◆ WORK ITEM
One part of the entries below is wanted: the lines from the one containing "which jobs enter." through the one containing "Returns the squares". Write those out exactly and nothing else.

◆ RECORDS FOR PROCESSING
//! Reports the progress of a run on standard error: [`ProgressReport`].
use relief::{Gate, Progress};
use std::alloc::Global;
use std::io::{IsTerminal, Stderr, Write};
use std::sync::{Mutex, Wait};
use std::time::{Clock, Instant};

/// The least time between two reports on a terminal, in milliseconds.
const LEAST_PAUSE_MS: u128 = 100;

/// Moves to the start of a terminal's line and clears the line.
const CLEAR_LINE: &str = "\r\x1b[K";

/// The progress of a stage, and the stream to which it is reported.
#[derive(Drop)]
struct StageProgress {
    errors: Stderr,
    number: u32,
    jobs: u64,
    finished_jobs: u64,
    /// How many parts of the stage's jobs are finished.
    finished_parts: u64,
    /// How many parts each job has; 0 before any part is finished, or if jobs have no parts.
    parts: u64,
    reported_tenths: u64,
    last_report: Option<Instant>,
    is_shown: bool,
}

impl StageProgress {
    /// Returns how much of the stage is finished, from 0 to 100.
    fn percent(&self) -> u64 {
        let (finished, due) = if self.parts > 0 {
            (self.finished_parts, self.jobs.saturating_mul(self.parts))
        } else {
            (self.finished_jobs, self.jobs)
        };
        finished
            .saturating_mul(100)
            .checked_div(due)
            .unwrap_or(100)
            .min(100)
    }

    /// Replaces the terminal's line, at most once in [`LEAST_PAUSE_MS`] milliseconds.
    /// Does nothing if the clock fails.
    fn report_in_place(&mut self, alloc: Global, clock: &impl Clock) {
        let Ok(now) = Instant::now(clock) else {
            return;
        };
        if let Some(last) = self.last_report {
            if now.duration_since(last).as_millis() < LEAST_PAUSE_MS {
                return;
            }
        }
        self.last_report = Some(now);
        self.is_shown = true;
        let percent = self.percent();
        if let Ok(line) = format!(in alloc;
            "{CLEAR_LINE}relief: stage {}: {percent} %",
            self.number
        ) {
            let _ = self.errors.write_all(line.as_bytes());
        }
    }

    /// Clears the terminal's line if it shows one.
    fn clear(&mut self) {
        if self.is_shown {
            self.is_shown = false;
            let _ = self.errors.write_all(CLEAR_LINE.as_bytes());
        }
    }

    /// Writes a line if a further tenth of the stage is finished.
    fn report_tenths(&mut self, alloc: Global) {
        let tenths = self.percent() / 10;
        if tenths <= self.reported_tenths {
            return;
        }
        self.reported_tenths = tenths;
        if let Ok(line) = format!(in alloc; "relief: stage {}: {tenths}0 %\n", self.number) {
            let _ = self.errors.write_all(line.as_bytes());
        }
    }
}

/// A [`Gate`] that reports the progress of each stage of a run.
///
/// On a terminal it replaces one line at most ten times a second. It clears the line when all jobs
/// of a stage succeed or the run ends: the map or a fault may be written there. Elsewhere it writes
/// a line whenever a further tenth is finished. It drops lines that cannot be allocated or written.
#[derive(Drop)]
pub struct ProgressReport<'a, R> {
    rt: &'a R,
    alloc: Global,
    is_in_place: bool,
    stage: Mutex<StageProgress>,
}

impl<'a, R: Clock + Wait> ProgressReport<'a, R> {
    /// Makes a report that writes to `errors`, before the first stage.
    pub fn new(rt: &'a R, alloc: Global, errors: Stderr) -> Self {
        ProgressReport {
            rt,
            alloc,
            is_in_place: errors.is_terminal(),
            stage: Mutex::new(StageProgress {
                errors,
                number: 0,
                jobs: 0,
                finished_jobs: 0,
                finished_parts: 0,
                parts: 0,
                reported_tenths: 0,
                last_report: None,
                is_shown: false,
            }),
        }
    }

    fn report(&self, stage: &mut StageProgress) {
        if self.is_in_place {
            stage.report_in_place(self.alloc, self.rt);
        } else {
            stage.report_tenths(self.alloc);
        }
    }
}

impl<'a, R: Clock + Wait> Gate for ProgressReport<'a, R> {
    fn enter(&self, _job: u32) {}

    fn begin_stage(&self, jobs: u32) {
        let mut stage = self.stage.lock(self.rt);
        stage.number = stage.number.saturating_add(1);
        stage.jobs = u64::from(jobs);
        stage.finished_jobs = 0;
        stage.finished_parts = 0;
        stage.parts = 0;
        stage.reported_tenths = 0;
    }

    fn leave(&self, _job: u32) {
        let mut stage = self.stage.lock(self.rt);
        stage.finished_jobs = stage.finished_jobs.saturating_add(1);
        self.report(&mut stage);
        if stage.finished_jobs == stage.jobs {
            stage.clear();
        }
    }

    fn finish_part(&self, parts: usize) {
        let mut stage = self.stage.lock(self.rt);
        stage.parts = parts as u64;
        stage.finished_parts = stage.finished_parts.saturating_add(1);
        self.report(&mut stage);
    }
}

impl<'a, R: Clock + Wait> Progress for ProgressReport<'a, R> {
    fn finish(&self) {
        self.stage.lock(self.rt).clear();
    }
}
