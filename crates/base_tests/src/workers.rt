//! Tests runs of jobs: results, faults, refused threads, and the calls of gates.
ghost use Rattle.std.specs.Prelude.{◌≤◌};

use crate::texts::expect_numbers;
use std::alloc::{AllocError, Global};
use std::process::Abort;
use std::sync::Wait;
use std::sync::atomic::{AtomicU64, Ordering};
use std::test::Fail;
use std::thread;
use std::thread::Threads;
use tile_jobs::{Gate, JobFault, NoGate, Work, run_jobs, run_jobs_capped};

/// The most checks for other jobs by a held job: enough time for any worker to begin a job.
const MOST_LOOKS: u32 = 10_000_000;

/// Work whose job `j` returns the square of `j`, for `j` below `most`.
#[derive(Drop)]
struct Squares {
    most: u32,
    ghost small: { most ≤ 60000 },
}

impl Work for Squares {
    type Out = u32;

    ghost use Rattle.std.specs.Prelude.{◌≡◌, ◌*◌};

    ghost most = { λ w. w.most };

    ghost gives = { λ w job out. out ≡ job * job };

    fn run(&self, _alloc: Global, job: u32) -> Result<u32, JobFault> {
        Ok(job * job)
    }
}

/// Work of which one job fails for want of memory.
#[derive(Drop)]
struct Hungry {
    most: u32,
    job: u32,
}

impl Work for Hungry {
    type Out = u32;

    ghost use Rattle.std.specs.Prelude.{◌≡◌};

    ghost most = { λ w. w.most };

    ghost gives = { λ w job out. out ≡ job };

    fn run(&self, _alloc: Global, job: u32) -> Result<u32, JobFault> {
        if job == self.job {
            return Err(JobFault::Memory);
        }
        Ok(job)
    }
}

/// A gate that holds job `j` until the jobs of `waits[j]` have entered, or for `looks` checks.
/// Records the order in which jobs enter.
#[derive(Drop)]
struct Turns {
    // bit k of `waits[j]`: job j waits for job k
    waits: [u8; 4],
    // the most checks of a held job for the jobs that it waits for
    looks: u32,
    // the position of each job in the order of entering, from 1; 0 before the job enters
    entries: [AtomicU64; 4],
    count: AtomicU64,
    // how many jobs ran because their checks were used up
    missed: AtomicU64,
}

impl Turns {
    fn new(waits: [u8; 4]) -> Turns {
        Turns {
            waits,
            looks: MOST_LOOKS,
            entries: [
                AtomicU64::new(0),
                AtomicU64::new(0),
                AtomicU64::new(0),
                AtomicU64::new(0),
            ],
            count: AtomicU64::new(0),
            missed: AtomicU64::new(0),
        }
    }

    fn have_entered(&self, jobs: u8) -> bool {
        for k in 0..4usize {
            if (jobs >> k) & 1 == 1 && self.entries[k].load(Ordering::SeqCst) == 0 {
                return false;
            }
        }
        true
    }

    /// Returns the job's position in the order of entering, from 1; 0 if it did not enter.
    fn position_of(&self, job: usize) -> u64 {
        self.entries
            .get(job)
            .map_or(0, |entry| entry.load(Ordering::SeqCst))
    }

    fn missed(&self) -> u64 {
        self.missed.load(Ordering::SeqCst)
    }
}

impl Gate for Turns {
    fn enter(&self, job: u32) {
        let place = self.count.fetch_add(1, Ordering::SeqCst);
        if let Some(entry) = self.entries.get(job as usize) {
            entry.store(place.wrapping_add(1), Ordering::SeqCst);
        }
        let waits = self.waits.get(job as usize).copied().unwrap_or(0);
        for _ in 0..self.looks {
            if self.have_entered(waits) {
                return;
            }
            thread::yield_now();
        }
        self.missed.fetch_add(1, Ordering::SeqCst);
    }
}

/// Returns the squares of the numbers below `jobs`, by work that allows jobs below `most`.
fn run_squares<R: Threads + Wait + Sync>(
    rt: &R,
    alloc: Global,
    most: u32,
    jobs: u32,
    workers: u32,
) -> Result<Vec<u32>, JobFault>
    requires most { most ≤ 60000 }
    requires jobs { jobs ≤ most }
{
    run_jobs(rt, alloc, &Squares { most }, jobs, workers, &NoGate)
}

fn run_by_turns<R: Threads + Wait + Sync>(
    rt: &R,
    alloc: Global,
    jobs: u32,
    workers: u32,
    turns: &Turns,
) -> Result<(), JobFault>
    requires { jobs ≤ 60000 }
{
    run_jobs(rt, alloc, &Squares { most: jobs }, jobs, workers, turns)?;
    Ok(())
}

#[test]
fn answers_come_in_job_order(rt: HostRuntime) -> Result<(), Fail> {
    for workers in [1, 2, 3, 10, 64] {
        let squares = run_squares(&rt, rt.alloc(), 10, 10, workers)?;
        expect_numbers(&rt, &squares, &[0, 1, 4, 9, 16, 25, 36, 49, 64, 81]);
    }
    Ok(())
}

#[test]
fn five_squares_by_three_workers(rt: HostRuntime) -> Result<(), Fail> {
    let squares = run_squares(&rt, rt.alloc(), 5, 5, 3)?;
    expect_numbers(&rt, &squares, &[0, 1, 4, 9, 16]);
    let none = run_squares(&rt, rt.alloc(), 5, 0, 3)?;
    expect_numbers(&rt, &none, &[]);
    Ok(())
}

#[test]
fn fewer_jobs_than_may_be_run(rt: HostRuntime) -> Result<(), Fail> {
    for workers in [1, 4] {
        let none = run_squares(&rt, rt.alloc(), 10, 0, workers)?;
        expect_numbers(&rt, &none, &[]);
        let two = run_squares(&rt, rt.alloc(), 10, 2, workers)?;
        expect_numbers(&rt, &two, &[0, 1]);
    }
    Ok(())
}

/// 60,000 jobs, of the 65,536 that one run may have.
#[test]
fn most_jobs(rt: HostRuntime) -> Result<(), Fail> {
    let squares = run_squares(&rt, rt.alloc(), 60000, 60000, 4)?;
    assert_eq!(rt; squares.len(), 60000);
    assert_eq!(rt; squares.get(59999).copied(), Some(3_599_880_001));
    Ok(())
}

#[test]
fn bad_workers(rt: HostRuntime) {
    for workers in [0, 65] {
        let refused = run_squares(&rt, rt.alloc(), 5, 5, workers);
        assert!(rt;
            matches!(refused, Err(JobFault::BadWorkers)),
            "{workers} workers"
        );
    }
}

/// Runs `most` jobs, of which `job` fails for want of memory.
fn run_hungry<R: Threads + Wait + Sync>(
    rt: &R,
    alloc: Global,
    most: u8,
    job: u32,
    workers: u32,
) -> Result<Vec<u32>, JobFault> {
    let most = u32::from(most);
    run_jobs(rt, alloc, &Hungry { most, job }, most, workers, &NoGate)
}

#[test]
fn fault_of_a_job_is_told(rt: HostRuntime) {
    for (most, job) in [(5, 4), (8, 3)] {
        for workers in [1, 2, 8] {
            let refused = run_hungry(&rt, rt.alloc(), most, job, workers);
            assert!(rt;
                matches!(refused, Err(JobFault::Memory)),
                "{workers} workers"
            );
        }
    }
}

#[test]
fn one_worker_takes_jobs_in_turn(rt: HostRuntime) -> Result<(), Fail> {
    let turns = Turns::new([0; 4]);
    run_by_turns(&rt, rt.alloc(), 4, 1, &turns)?;
    for job in 0..4usize {
        assert_eq!(rt; turns.position_of(job), job as u64 + 1);
    }
    Ok(())
}

#[test]
fn two_jobs_meet(rt: HostRuntime) -> Result<(), Fail> {
    let turns = Turns::new([0b10, 0b01, 0, 0]);
    run_by_turns(&rt, rt.alloc(), 2, 2, &turns)?;
    assert_eq!(rt; turns.missed(), 0);
    Ok(())
}

/// If `rt try --fail-alloc` refuses memory, a run returns a fault or all its results.
#[test]
fn refused_memory_is_reported(rt: HostRuntime) {
    for workers in [1, 3] {
        match run_squares(&rt, rt.alloc(), 5, 5, workers) {
            Ok(squares) => expect_numbers(&rt, &squares, &[0, 1, 4, 9, 16]),
            Err(JobFault::Memory) => {}
            Err(fault) => assert_eq!(rt; (fault, workers), (JobFault::NoThread, 3)),
        }
    }
}

/// Each case holds one job. Without stealing, the held job of the first case would wait in vain.
#[test]
fn idle_worker_steals(rt: HostRuntime) -> Result<(), Fail> {
    for waits in [[0b110, 0, 0, 0], [0, 0b101, 0, 0], [0, 0, 0b011, 0]] {
        let turns = Turns::new(waits);
        run_by_turns(&rt, rt.alloc(), 3, 2, &turns)?;
        assert_eq!(rt; turns.missed(), 0, "{waits:?}");
    }
    Ok(())
}

/// Jobs 0 and 2 are in the first worker's deque, jobs 1 and 3 in the second's.
#[test]
fn own_jobs_first(rt: HostRuntime) -> Result<(), Fail> {
    let turns = Turns::new([0b1000, 0, 0, 0]);
    run_by_turns(&rt, rt.alloc(), 4, 2, &turns)?;
    assert_eq!(rt; turns.missed(), 0);
    assert!(rt; turns.position_of(3) < turns.position_of(2));
    let turns = Turns::new([0, 0b100, 0, 0]);
    run_by_turns(&rt, rt.alloc(), 4, 2, &turns)?;
    assert_eq!(rt; turns.missed(), 0);
    assert!(rt; turns.position_of(2) < turns.position_of(3));
    Ok(())
}

/// How often a job's call of `enter` began and ended, and how often the job ran.
#[derive(Drop)]
struct Visit {
    entered: AtomicU64,
    let_in: AtomicU64,
    ran: AtomicU64,
}

/// Work and gate that count how often each job enters and runs.
#[derive(Drop)]
struct Visits {
    visits: Vec<Visit>,
    // how often `enter` found that its job had run, or `run` that its job was not let in
    early: AtomicU64,
}

impl Visits {
    fn new(alloc: Global, jobs: u32) -> Result<Visits, AllocError> {
        let mut visits = Vec::new(alloc);
        for _ in 0..jobs {
            visits.push(Visit {
                entered: AtomicU64::new(0),
                let_in: AtomicU64::new(0),
                ran: AtomicU64::new(0),
            })?;
        }
        Ok(Visits {
            visits,
            early: AtomicU64::new(0),
        })
    }
}

impl Gate for Visits {
    fn enter(&self, job: u32) {
        let Some(visit) = self.visits.get(job as usize) else {
            return;
        };
        visit.entered.fetch_add(1, Ordering::SeqCst);
        for _ in 0..3 {
            thread::yield_now();
        }
        if visit.ran.load(Ordering::SeqCst) != 0 {
            self.early.fetch_add(1, Ordering::SeqCst);
        }
        visit.let_in.fetch_add(1, Ordering::SeqCst);
    }
}

impl Work for Visits {
    type Out = u32;

    ghost use Rattle.std.specs.Prelude.{◌≡◌};

    ghost most = { λ w. 65536 };

    ghost gives = { λ w job out. out ≡ job };

    fn run(&self, _alloc: Global, job: u32) -> Result<u32, JobFault> {
        if let Some(visit) = self.visits.get(job as usize) {
            if visit.let_in.load(Ordering::SeqCst) == 0 {
                self.early.fetch_add(1, Ordering::SeqCst);
            }
            visit.ran.fetch_add(1, Ordering::SeqCst);
        }
        Ok(job)
    }
}

impl Visit {
    /// Returns how often the job entered, and how often it ran.
    fn times(&self) -> (u64, u64) {
        (
            self.entered.load(Ordering::SeqCst),
            self.ran.load(Ordering::SeqCst),
        )
    }
}

/// Runs the jobs; at most `starts` threads can be started.
fn run_capped<R: Threads + Wait + Sync>(
    rt: &R,
    alloc: Global,
    visits: &Visits,
    jobs: u32,
    workers: u32,
    starts: u32,
) -> Result<Vec<u32>, JobFault>
    requires { jobs ≤ 65536 }
{
    run_jobs_capped(rt, alloc, visits, jobs, workers, visits, starts)
}

/// Asserts that each job entered once, and ran once after it was let in.
fn have_run_once(rt: &impl Abort, visits: &Visits, workers: u32) {
    for (job, visit) in visits.visits.iter().enumerate() {
        assert_eq!(rt; visit.times(), (1, 1), "job {job}, {workers} workers");
    }
    assert_eq!(rt; visits.early.load(Ordering::SeqCst), 0, "{workers} workers");
}

#[test]
fn each_job_enters_once_and_then_runs_once(rt: HostRuntime) -> Result<(), Fail> {
    for workers in [1, 2, 3, 8] {
        let visits = Visits::new(rt.alloc(), 100)?;
        run_jobs(&rt, rt.alloc(), &visits, 100, workers, &visits)?;
        have_run_once(&rt, &visits, workers);
    }
    Ok(())
}

fn have_run_at_most_once(rt: &impl Abort, visits: &Visits) {
    for (job, visit) in visits.visits.iter().enumerate() {
        assert!(rt; visit.times().1 <= 1, "job {job}");
    }
}

/// Asserts that a run of four workers returns `NoThread` if only `starts` of them start.
fn refuses_starts<R: Abort + Threads + Wait + Sync>(
    rt: &R,
    alloc: Global,
    jobs: u32,
    starts: u32,
) -> Result<(), AllocError>
    requires { jobs ≤ 65536 }
{
    let visits = Visits::new(alloc, jobs)?;
    let refused = run_capped(rt, alloc, &visits, jobs, 4, starts);
    assert!(rt;
        matches!(refused, Err(JobFault::NoThread)),
        "{jobs} jobs, {starts} starts"
    );
    have_run_at_most_once(rt, &visits);
    Ok(())
}

/// Four workers need four threads, even for fewer jobs. One worker needs none.
#[test]
fn threads_that_cannot_be_started(rt: HostRuntime) -> Result<(), Fail> {
    for jobs in [5, 0, 1, 2] {
        for starts in 0..4u32 {
            refuses_starts(&rt, rt.alloc(), jobs, starts)?;
        }
    }
    let visits = Visits::new(rt.alloc(), 5)?;
    let answers = run_capped(&rt, rt.alloc(), &visits, 5, 1, 0)?;
    expect_numbers(&rt, &answers, &[0, 1, 2, 3, 4]);
    Ok(())
}

/// A held job blocks its worker. While all workers are blocked, no other job enters.
#[test]
fn held_workers_take_no_job(rt: HostRuntime) -> Result<(), Fail> {
    for (workers, waits) in [(1, [0b10, 0, 0, 0]), (2, [0b100, 0b100, 0, 0])] {
        let turns = Turns {
            looks: 1000,
            ..Turns::new(waits)
        };
        run_by_turns(&rt, rt.alloc(), 3, workers, &turns)?;
        assert_ne!(rt; turns.missed(), 0, "{workers} workers");
    }
    Ok(())
}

◆ EXPECTED ANSWER
/// Records the order in which jobs enter.
#[derive(Drop)]
struct Turns {
    // bit k of `waits[j]`: job j waits for job k
    waits: [u8; 4],
    // the most checks of a held job for the jobs that it waits for
    looks: u32,
    // the position of each job in the order of entering, from 1; 0 before the job enters
    entries: [AtomicU64; 4],
    count: AtomicU64,
    // how many jobs ran because their checks were used up
    missed: AtomicU64,
}

impl Turns {
    fn new(waits: [u8; 4]) -> Turns {
        Turns {
            waits,
            looks: MOST_LOOKS,
            entries: [
                AtomicU64::new(0),
                AtomicU64::new(0),
                AtomicU64::new(0),
                AtomicU64::new(0),
            ],
            count: AtomicU64::new(0),
            missed: AtomicU64::new(0),
        }
    }

    fn have_entered(&self, jobs: u8) -> bool {
        for k in 0..4usize {
            if (jobs >> k) & 1 == 1 && self.entries[k].load(Ordering::SeqCst) == 0 {
                return false;
            }
        }
        true
    }

    /// Returns the job's position in the order of entering, from 1; 0 if it did not enter.
    fn position_of(&self, job: usize) -> u64 {
        self.entries
            .get(job)
            .map_or(0, |entry| entry.load(Ordering::SeqCst))
    }

    fn missed(&self) -> u64 {
        self.missed.load(Ordering::SeqCst)
    }
}

impl Gate for Turns {
    fn enter(&self, job: u32) {
        let place = self.count.fetch_add(1, Ordering::SeqCst);
        if let Some(entry) = self.entries.get(job as usize) {
            entry.store(place.wrapping_add(1), Ordering::SeqCst);
        }
        let waits = self.waits.get(job as usize).copied().unwrap_or(0);
        for _ in 0..self.looks {
            if self.have_entered(waits) {
                return;
            }
            thread::yield_now();
        }
        self.missed.fetch_add(1, Ordering::SeqCst);
    }
}

/// Returns the squares of the numbers below `jobs`, by work that allows jobs below `most`.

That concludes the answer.